TISS Guwahati Remains on Boil as Protest Over Permanent Jobs, Quality Education Enters Day 3
TISS Guwahati Remains on Boil as Protest Over Permanent Jobs, Quality Education Enters Day 3
The tussle between the main centre of Tata Institute of Social Sciences and the members of Guwahati campus began two days ago when the students and 14 faculty members on contract went on mass leave.

New Delhi: The TISS Mumbai administration on Wednesday sent a notice to scores of students and teachers at its off campus in Guwahati for boycotting the 2019 admission process over the demand of regularisation of contractual staff and improving the quality of education.

The protest in the campus today saw the police entering the campus and disrupting the assembly of peaceful student and staff protestors.

The tussle between the main centre of Tata Institute of Social Sciences and the members of Guwahati campus began two days ago when the students and 14 faculty members on contract went on mass leave over the issue, prompting Mumbai headquarters to take action. Sources said that the issue escalated to such a level that police had to be called in on Wednesday.

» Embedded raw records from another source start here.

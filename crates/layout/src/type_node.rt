// The table of type expressions. Each type expression of a script is one entry; the parts of a function type follow it: its parameter
// types, then its result type.

// What a type expression is. The name of a datatype is a part of the text: its place is the node's own.
#[derive(Clone, Copy, PartialEq, Eq)]
pub enum TypeForm {
    // an entry that no type expression uses; a case, since the list is of one fixed size and an `Option` around each entry takes more room
    Unused,
    Int,
    Bool,
    Sym,
    Unit,
    // how many bytes the name has
    Datatype(u8),
    Function,
}

#[derive(Clone, Copy, PartialEq, Eq)]
pub struct TypeNode {
    pub form: TypeForm,
    // the place of the first byte
    pub place: u16,
    // the number of the entry after the last of its parts
    pub past: u16,
}

impl TypeNode {
    // an entry that no type expression uses
    pub const UNUSED: TypeNode = TypeNode {
        form: TypeForm::Unused,
        place: 0,
        past: 0,
    };
}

Signed by the registrar, the notice read that it was brought to their attention that a group of students is “obstructing the ingress and egress of prospective candidates and their parents/guardians who have come to attend the Pre Interview Test and Personal Interview.” The notice has issued a warning to students if they fail to refrain from creating obstructions the “Institute will be free to take action as deemed fit.”

The boycott was decidedly halted till the April 3. But the admission process is to go on till April, 4.

Some of the contractually employed faculty members have been working at TISS Guwahati since 2013. According to the students in the Off campus center there were verbal assurances given by the then Director of the Institute regarding the regularisation of their services – and considering the service period as probation among other promises. “But, in reality, their working condition has only deteriorated ever since,” allege the students in a statement.

Assuring a solution, the TISS Director Shalini Bharat promised to raise the issue at a GB meeting on April 2 in TISS Mumbai, where the Deputy Director of Guwahati campus Kalpana Sarathy attended as representative.

Whenever the issue of regularisation of job was raised, “the response has been one of platitudes, and verbal assurance without any concrete offer,” allege the students in their statement.

Background

The student body of Tata Institute of Social Sciences, Guwahati issued a statement, in which they mentioned, they boycotted the ongoing process of admission interviews on 1st April 2019 alongside the 14 faculty members who had taken a mass leave in protest during this time.

The leave application that the faculty members on contract have applied for, coincided with the PI and PIT for incoming students, “It is to bring to the notice of those in authority that these issues need to be addressed at the earliest, and also to appeal that these issues need to be taken with the seriousness that they deserve, before taking a new batch of students into the campus,” said the student’s statement over the issue.

The complaint is that the 14 members of the teaching staff out of 25 have been hired and kept on whimsical contracts which have been continually fixed by the TISS administration for the past six years. "This is not limited to the teaching staff alone, as the non-teaching staff of the campus does not have a single permanent employee,” said the statement.

This is a long battle of the students and faculty of the off campus centre - they have been approaching the Mumbai administration as it holds central power but returned disappointed.

The student in the statement pointed out that the crisis was brewing for a long time and came to erupt only when faculty members on contract applied for mass leave. “The faculty members on contract have had to face only humiliation”.

There has been more than one instance in which their salaries have not been paid on time. In almost every instance, they were not even informed about the impending delay in advance.

Demand of students and teachers

A letter was sent to the Director in the first week of February requesting “There should be a minimum of 3 years’ contract period;” “Those on consolidated salary should be immediately given pay scale salary”; and “The increments due to the contract faculty members should be immediately paid.”

The worried students said, “There is not a single permanent non-teaching staff in Guwahati campus. The dining hall staff are not even given a contract letter. They work overtime without any monetary com-mensuration.”